Sitz wieder auf der Terrasse und höre ein krächzen. Oma sagt sofort, das war ein Frosch.
Ich nur, kann nicht sein. Hier gibt es keine __ Frösche, hab nie welche in der Umgebung gehört. Warte ja schon seid Jahren, das mal einer vorbeischaut.

Ich also wieder zum Teich, und siehe da, es war tatsächlich ein schöner grüner Frosch, der in unserem Teich saß. Ganz ruhig und bewegungslos, hat nur mal gezwinkert.

Jetzt fiel mir auch auf, das nicht ein __ Wasserläufer mehr da war. Die hat er sich wohl schon alle geholt.
Könnt ihm noch ein paar Ameisen anbieten, davon hab ich genug.

Ist es nicht ungewöhnlich, das Frösche im August auf Wanderschaft gehen?

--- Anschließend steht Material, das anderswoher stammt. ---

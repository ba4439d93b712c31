//! The codes that calls return, as numbers. They are those of `bindings/c/hazbultra.h`.
ghost use Rattle.std.specs.Prelude.{◌≡◌, ◌≢◌, ◌↔◌};
ghost use Rattle.mb_channel.specs.declared.channel.Refused.TheVariants as refused;
ghost use Rattle.hazbultra_channel.specs.Ends.{IsRefusal};
ghost use Rattle.hazbultra_channel.specs.declared.codes.TheConstants.{CLOSED, NO_MEMORY};

use mb_channel::Refused;

pub(crate) const DONE: u32 = 0;

pub(crate) const TOOK: u32 = 1;

pub(crate) const NOTHING: u32 = 4;

pub(crate) const CLOSED: u32 = 10;

pub(crate) const AGAIN: u32 = 12;

pub(crate) const SLEEPS: u32 = 13;

pub(crate) const NO_MEMORY: u32 = 16;

pub(crate) const BAD_HANDLE: u32 = 17;

pub(crate) const CROWDED: u32 = 22;

/// The code of the reason for which a call was refused.
pub(crate) fn code_of(why: Refused) -> u32
    ensures closed { (result ≡ CLOSED) ↔ (why ≡ refused.Closed) }
    ensures memory { (result ≡ NO_MEMORY) ↔ (why ≡ refused.NoMemory) }
    ensures codes { IsRefusal result }
{
    match why {
        Refused::NoMemory => NO_MEMORY,
        Refused::Closed => CLOSED,
        Refused::Crowded => CROWDED,
    }
}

Werde Morgen mal nachsehen, ob er noch da ist.

Viele Grüße
Inge


----------



## Dr.J (24. Aug. 2006)

*AW: Hab heute Besuch bekommen*

Hallo Inge,

es schient so, also würden sie im Juli/August auf Wanderschaft gehen. Habe auch erst seit dieser Zeit einen wunderschönen __ Teichfrosch als Neuling in meiner WG.


----------



## inge50 (24. Aug. 2006)

*AW: Hab heute Besuch bekommen*

Hallo,

hab heute Morgen sofort nachgesehen, noch ist er da. Er saß am Teichrand und schaute ins Waser.

Ich glaube aber nicht das er bleiben wird. Zum Überwintern ist der Teich einfach zu klein. Er wird bestimmt auch nicht genug Futter finden.
Kann doch nicht auch noch den Frosch füttern. Wüßte auch garnicht womit.

Werde mal weiter beobachten, vielleicht geht er auch zum Nachbarn der hat einen größeren Teich.

Viele Grüße
Inge


----------



## Annett (24. Aug. 2006)

*AW: Hab heute Besuch bekommen*

Hallo Inge,

Glückwunsch zum neuen Gast.
Ich hab die ja zuhauf am Teich hocken... Jürgen kann das bestätigen (da fällt mir doch glatt noch was ein  Wolltest Du nicht noch was mitnehmen Jürgen?).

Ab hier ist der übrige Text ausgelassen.